The Rika can be stored in water and in my experiences, performs even better when it has. Once it's been in the water for awhile it just feels even softer and creamier. I love it and never take it out of the water now.

I came to that after using Shapton Glass Stones... Needless to say I much prefer soaker stones now.

AFAIK the Bester 1200, King 1000 (and maybe a few more), Gesshin 400, 2000, & 400, and JNS 800 can all soak too. I really like my Gesshin 400... beast of a stone & it feels really smooth too. My first coarse stone though. The JNS 800 is a really fun stone as in it sucks in some water and benefits heavily from soaking, and while it doesn't work up much mud on double bevel knives, if you polish/thin first and/or using a diamond plate.. it can get real muddy. It leaves a really nice finish too, and I'm not even someone who gets worked up over my knife's aesthetics. It cuts fairly quick but I find 800 to be a really conservative grit estimate.

Cool stone though. I'm really liking having the Gesshin 400, JNS 800 & Rika 5k in my pond


----------



## JDA_NC (Dec 19, 2013)

The Rika is just crazy good once it's been soaked though. The Gesshin 400 & JNS 800 are both thirsty stones and they'll still require water during sharpening. The Rika on the other hand just becomes completely saturated and I rarely have to put water on it once it's been soaked for awhile. It's a nice stone after a 30 minute soak or hour or so, but I really like using it once it's been in the water for some serious time


----------



## ThEoRy (Dec 19, 2013)

Stones I keep in water. Gesshin 400, Beston 500, king 800, bester 1200, gesshin synthetic aoto, Rika 5k.


----------



## Dusty (Dec 19, 2013)

I have permasoaked the Rika, Naniwa SS 400 & 1000, King 1000/6000 combo, all with no ill effects - and some varying levels of benefit.


----------



## chobint (Dec 19, 2013)

DSChief said:


> No, the Chosera have a Magnesia bonding matrix. Soak for 15 to 30 min. use a spray bottle or splash as you work.
> 
> when done, rinse & let air dry out of direct sunlight



Does this mean that Chosera stones don't benefit from long term soaking? Or does this mean that prolonged soaking of Chosera stones will cause permanent damage? Please elaborate.

Thanks


----------



## DSChief (Dec 19, 2013)

all of my research into chosera stones has indicated that long term soaking will damage the stone. 
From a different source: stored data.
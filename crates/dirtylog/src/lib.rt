//! Sets of numbers below a fixed length.
//!
//! A `BitSet` holds which sectors of a disk are bad, and which pages and sectors still have to be sent.
//!
//! # What the layers above may rely on
//! - Contracts see a set as the list that says of each number below its length whether it is a member (`specs/Members`). How a set
//!   keeps them is no part of that.
//! - `insert`, `remove`, `contains`, `first_from` (the least member from a number on), `count`, `count_below`, `is_empty`, `swap_out`,
//!   `fill` and `clear` are what their names say of this list. `count` and `is_empty` read one number, `count_below` one for each 64 below.
//!   `first_counted` is `first_from` with the number of words that were looked at: at most 16 and one for each 4,096 numbers, and none where the
//!   set has no members.
//! - `bit_from` is the lowest bit of a word that is set, from a place on; `first_nonzero` the first word that is not zero.
//! - All its room is made with it: only `BitSet::new` takes memory.
//! - The caller's part: numbers below the length (for `first_from` and `count_below` at most the length); for `swap_out` a set of the same length
//!   without members.
//!
//! A set is kept as one bit a number in words of 64, and as a second level with one bit for each word that is not zero
//! (`specs/Words`). A search looks at the rest of one word, and then at the second level, eight words at a time. Every word that it
//! looks at is read by `Reader::read`, which counts it: that no other function reads one is for a reader of `scan.rt` to see.
//!
//! Nothing is trusted here beside the toolchain.
#![tactic(auto)]

mod bit_set;
mod bits;
mod scan;

pub use bit_set::BitSet;
pub use scan::{bit_from, first_nonzero};
pub use std::alloc::AllocError as NoMemory;
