//! Writes to the registers of a queue.
//!
//! QueueReady takes the values 1 and 0. Others are ignored, 3 and 0x10001 among them.

ghost use Rattle.std.specs.Prelude.{◌≡◌};
ghost use Rattle.mmio.specs.State.{queue_at, selected};
ghost use Rattle.mmio.specs.QueueRegisters.{queue_written, size_or_address_written, ready_written, notify_written};
ghost use Rattle.mmio.specs.Sound.{FitsQueue};
ghost use Rattle.mmio.specs.Effects.{IsSameDevice, IsTold};

use crate::bits::with_half;
use crate::effect::Effect;
use crate::queue::Queue;
use crate::readiness::may_be_ready;
use crate::register::Register;
use crate::regs::Regs;

impl Regs {
    /// A size or address register of the selected queue. A queue that is ready keeps its own.
    pub(super) fn write_queue(&mut self, register: Register, value: u32) -> Effect
        ensures value { (result, self.new) ≡ size_or_address_written self.old register value (selected self.old) }
        ensures same { IsSameDevice self.old self.new }
        ensures told { IsTold result self.new }
    {
        let selected = self.common().queue_select;
        if selected >= self.queue_count() as u32 {
            return Effect::None;
        }
        let queue = self.queue(selected as u8);
        if queue.is_ready {
            return Effect::None;
        }
        self.set_queue(selected as u8, queue_written(register, value, queue));
        Effect::None
    }

    pub(super) fn write_ready(&mut self, value: u32) -> Effect
        ensures value { (result, self.new) ≡ ready_written self.old value (selected self.old) }
        ensures same { IsSameDevice self.old self.new }
        ensures told { IsTold result self.new }
    {
        let common = self.common();
        if common.queue_select >= self.queue_count() as u32 {
            return Effect::None;
        }
        let selected = common.queue_select as u8;
        let queue = self.queue(selected);
        if value == 0 {
            self.set_queue(
                selected,
                Queue {
                    is_ready: false,
                    is_notified: false,
                    ..queue
                },
            );
            return Effect::Disabled(selected);
        }
        if value == 1
            && !queue.is_ready
            && may_be_ready(self.ram_base, self.ram_len, &common, &queue)
        {
            self.set_queue(
                selected,
                Queue {
                    is_ready: true,
                    ..queue
                },
            );
            return Effect::Enabled(selected);
        }
        Effect::None
    }

    pub(super) fn write_notify(&mut self, value: u32) -> Effect
        ensures value { (result, self.new) ≡ notify_written self.old value (queue_at self.old value) }
        ensures same { IsSameDevice self.old self.new }
        ensures told { IsTold result self.new }
    {
        if value >= self.queue_count() as u32 {
            return Effect::None;
        }
        let queue = self.queue(value as u8);
        if !queue.is_ready {
            return Effect::None;
        }
        self.set_queue(
            value as u8,
            Queue {
                is_notified: true,
                ..queue
            },
        );
        Effect::Notified(value as u8)
    }
}

/// A queue after a write to one of its size and address registers.
#[tactic(auto, unfolding(crate::specs::QueueRegisters::queue_written))]
fn queue_written(register: Register, value: u32, queue: Queue) -> Queue
    ensures value { result ≡ queue_written register value queue }
    ensures fits { FitsQueue result }
    ensures ready { result.is_ready ≡ queue.is_ready }
    ensures notified { result.is_notified ≡ queue.is_notified }
{
    let Queue {
        descriptors,
        driver,
        device,
        ..
    } = queue;
    match register {
        Register::QueueNum => Queue {
            size: value,
            ..queue
        },
        Register::QueueDescLow => Queue {
            descriptors: with_half(descriptors, 0, value),
            ..queue
        },
        Register::QueueDescHigh => Queue {
            descriptors: with_half(descriptors, 1, value),
            ..queue
        },
        Register::QueueDriverLow => Queue {
            driver: with_half(driver, 0, value),
            ..queue
        },
        Register::QueueDriverHigh => Queue {
            driver: with_half(driver, 1, value),
            ..queue
        },
        Register::QueueDeviceLow => Queue {
            device: with_half(device, 0, value),
            ..queue
        },
        Register::QueueDeviceHigh => Queue {
            device: with_half(device, 1, value),
            ..queue
        },
        _ => queue,
    }
}
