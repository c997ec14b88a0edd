//! The two ways in which registers change, but for a reset and a restore: other common registers, or another queue.

ghost use Rattle.std.specs.Prelude.{◌≡◌, ◌<◌, Some, length};
ghost use Rattle.mmio.specs.State.{with_common, with_queue, queue_at};
ghost use Rattle.mmio.specs.Sound.{IsSoundQueue, IsSoundRegisters};

use crate::common::Common;
use crate::queue::Queue;
use crate::regs::Regs;

impl Regs {
    /// Replaces the common registers. The caller makes sure that the new ones are sound.
    pub(super) fn set_common(&mut self, common: Common)
        requires { IsSoundRegisters (with_common self.old common) }
        ensures { self.new ≡ with_common self.old common }
    {
        self.common = common;
    }

    /// Replaces the registers of one queue. The caller makes sure that the new ones are sound.
    pub(super) fn set_queue(&mut self, number: u8, queue: Queue)
        requires below { number < length self.old.queues }
        requires sound { IsSoundQueue self.old.ram_base self.old.ram_len self.old.common queue }
        ensures value { self.new ≡ with_queue self.old number queue }
        ensures there { queue_at self.new number ≡ Some queue }
    {
        self.queues[number as usize] = queue;
    }
}
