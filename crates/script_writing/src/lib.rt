// Cases of a script that write: P and F. Each says whether the script goes on.
#![tactic(auto)]

use records::Record;
use script::{number, output, take, take_words};
use std::io;
use std::io::{Read, Write};

// Writes an element into bytes that are set to 7.
fn write_into<W: Write>(
    to: &mut W,
    r: Record,
    send: bool,
    lengths: &[u32],
    payload: &[u8],
    other: &[u8],
    out: &mut [u8],
) -> io::Result<()> {
    output::set_all(out);
    match writer::write(r, send, lengths, payload, other, out) {
        Ok(n) => output::say_done(to, out, n),
        Err(x) => output::say_stopped(to, out, x),
    }
}

// P: an element.
pub fn write<R: Read, W: Write>(
    input: &mut R,
    to: &mut W,
    r: Record,
    words: &mut [u32],
    bytes: &mut [u8],
    more: &mut [u8],
    out: &mut [u8],
) -> io::Result<bool> {
    let send = number(input, 1)?;
    let room = number(input, 2)?;
    let count = number(input, 2)?;
    let k = match count {
        Some(count) => take_words(input, words, count as usize)?,
        None => None,
    };
    let n = take(input, bytes, 3)?;
    let m = take(input, more, 3)?;
    let (Some(send), Some(room), Some(k), Some(n), Some(m)) = (send, room, k, n, m) else {
        return Ok(false);
    };
    let room = room as usize;
    if send > 1 || out.len() < room {
        return Ok(false);
    }
    write_into(
        to,
        r,
        send == 1,
        &words[..k],
        &bytes[..n],
        &more[..m],
        &mut out[..room],
    )?;
    Ok(true)
}

fn frame_into<W: Write>(to: &mut W, el: &[u8], out: &mut [u8]) -> io::Result<()> {
    output::set_all(out);
    match sync::frame(el, out) {
        Ok(n) => output::say_done(to, out, n),
        Err(x) => output::say_stopped(to, out, x),
    }
}

// F: the frame of an element.
pub fn frame<R: Read, W: Write>(
    input: &mut R,
    to: &mut W,
    bytes: &mut [u8],
    out: &mut [u8],
) -> io::Result<bool> {
    let room = number(input, 2)?;
    let n = take(input, bytes, 3)?;
    let (Some(room), Some(n)) = (room, n) else {
        return Ok(false);
    };
    let room = room as usize;
    if out.len() < room {
        return Ok(false);
    }
    frame_into(to, &bytes[..n], &mut out[..room])?;
    Ok(true)
}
here is one site, { of many saying basically the same thing }

http://www.fine-tools.com/naniwa-chosera.html


----------



## daveb (Dec 19, 2013)

I started soaking my Rika after reading it was ok to do so. Then at about same time I read don't soak it and the stone popped off the base (which I attributed to soaking and base warping a little). Stone is mounted again and have used as splash and go but don't like the feel as well. Me thinks its going back in the drink.
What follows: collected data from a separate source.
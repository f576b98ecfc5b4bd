// The readers of one layer of StreamMuxConfig, which is one stream: its configuration, sent or that of the stream
// before, and its frame length.
#![tactic(auto)]

ghost use Rattle.std.specs.Prelude.{◌≡◌, eqb};
ghost use Rattle.kernel.specs.Reading.{choose, Stands};
ghost use Rattle.kernel.specs.Answer.{told};
ghost use Rattle.config.specs.Mux.{windowed, configuration, frame_length, sent_or_same, layer};

use asc::{audio_specific_config, left_of};
use kernel::{Cursor, Read, Refusal, Window, fetch, refused_at, skip};
use numbers::latm_get_value;
use records::{Config, Stream};

#[tactic(auto, using(kernel::proofs::Steps::fields), unfolding(config::specs::Mux::windowed))]
fn windowed_of(el: &[u8], c: Cursor) -> Result<Read<Config>, Refusal>
    requires { Stands el.now c }
    ensures { result ≡ told el.now windowed c }
{
    let length = latm_get_value(el, c)?;
    let win = Window::UpTo(length.next.at + length.value as usize);
    let config = audio_specific_config(el, win, length.next)?;
    let next = skip(el, config.next, left_of(win, config.next.at))?;
    Ok(Read {
        value: config.value,
        next: next,
    })
}

#[tactic(auto, using(kernel::proofs::Steps::steps), unfolding(config::specs::Mux::configuration))]
fn configuration_of(el: &[u8], version: u32, c: Cursor) -> Result<Read<Config>, Refusal>
    requires { Stands el.now c }
    ensures { result ≡ told el.now (configuration version) c }
{
    if version == 1 {
        windowed_of(el, c)
    } else {
        audio_specific_config(el, Window::Open, c)
    }
}

#[tactic(auto, using(kernel::proofs::Steps::fields), unfolding(config::specs::Mux::frame_length))]
fn frame_length(el: &[u8], c: Cursor, config: Config) -> Result<Read<Stream>, Refusal>
    requires { Stands el.now c }
    ensures { result ≡ told el.now (frame_length config) c }
{
    let kind = fetch(el, Window::Open, c, 3)?;
    match kind.value {
        0 => {
            let fullness = fetch(el, Window::Open, kind.next, 8)?;
            Ok(Read {
                value: Stream {
                    config: config,
                    kind: 0,
                    fullness: fullness.value,
                    fixed: 0,
                },
                next: fullness.next,
            })
        }
        1 => {
            let fixed = fetch(el, Window::Open, kind.next, 9)?;
            Ok(Read {
                value: Stream {
                    config: config,
                    kind: 1,
                    fullness: 0,
                    fixed: fixed.value,
                },
                next: fixed.next,
            })
        }
        _ => Err(refused_at(13, c.at, kind.next)),
    }
}

#[tactic(auto, using(kernel::proofs::Steps::steps), unfolding(config::specs::Mux::sent_or_same))]
fn sent_or_same(el: &[u8], version: u32, before: Config, c: Cursor) -> Result<Read<Config>, Refusal>
    requires { Stands el.now c }
    ensures { result ≡ told el.now (sent_or_same version before) c }
{
    let same = fetch(el, Window::Open, c, 1)?;
    if same.value == 1 {
        return Ok(Read {
            value: before,
            next: same.next,
        });
    }
    configuration_of(el, version, same.next)
}

// Stream 0 sends its configuration without a useSameConfig.
#[tactic(auto, using(kernel::proofs::Steps::steps))]
fn layer_config(
    el: &[u8],
    version: u32,
    next: usize,
    before: Config,
    c: Cursor,
) -> Result<Read<Config>, Refusal>
    requires { Stands el.now c }
    ensures { result ≡ told el.now
        (choose (eqb next 0) (configuration version) (sent_or_same version before)) c }
{
    if next == 0 {
        configuration_of(el, version, c)
    } else {
        sent_or_same(el, version, before, c)
    }
}

// The layer that is stream `next`, after one configured so.
#[tactic(auto, using(kernel::proofs::Steps::steps), unfolding(config::specs::Mux::layer))]
pub fn layer_of(
    el: &[u8],
    version: u32,
    next: usize,
    before: Config,
    c: Cursor,
) -> Result<Read<Stream>, Refusal>
    requires { Stands el.now c }
    ensures { result ≡ told el.now (layer version next before) c }
{
    let config = layer_config(el, version, next, before, c)?;
    frame_length(el, config.next, config.value)
}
Beston 500, Bestor 1200 have been soaked for close to 2 years. Like.


----------



## Squilliam (Dec 19, 2013)

The green brick and JNS 1000 permasoak nicely


----------



## Ruso (Dec 20, 2013)

Squilliam said:


> The green brick and JNS 1000 permasoak nicely



Do you notice any difference with perma soaking the green brick vs 5 minute pre-soak?


----------



## Duckfat (Dec 23, 2013)

chobint said:


> Does this mean that Chosera stones don't benefit from long term soaking? Or does this mean that prolonged soaking of Chosera stones will cause permanent damage? Please elaborate.
> 
> Thanks



My Chosera stones really need to soak a solid 20+ minutes. They are just not meant to be left perma-soaking. 

Dave


----------



## Squilliam (Dec 24, 2013)

Ruso said:


> Do you notice any difference with perma soaking the green brick vs 5 minute pre-soak?



Yes. It's much nicer permasoaking as the stone and slurry doesn't tend to dry out. Also I think it's probably better for the stone than changing it's water content all the time.


----------



## zitangy (Dec 24, 2013)

My Naniwa Superstones has been in the tub for the last 3 months in my other house in Malaysia. It did not disintegrate .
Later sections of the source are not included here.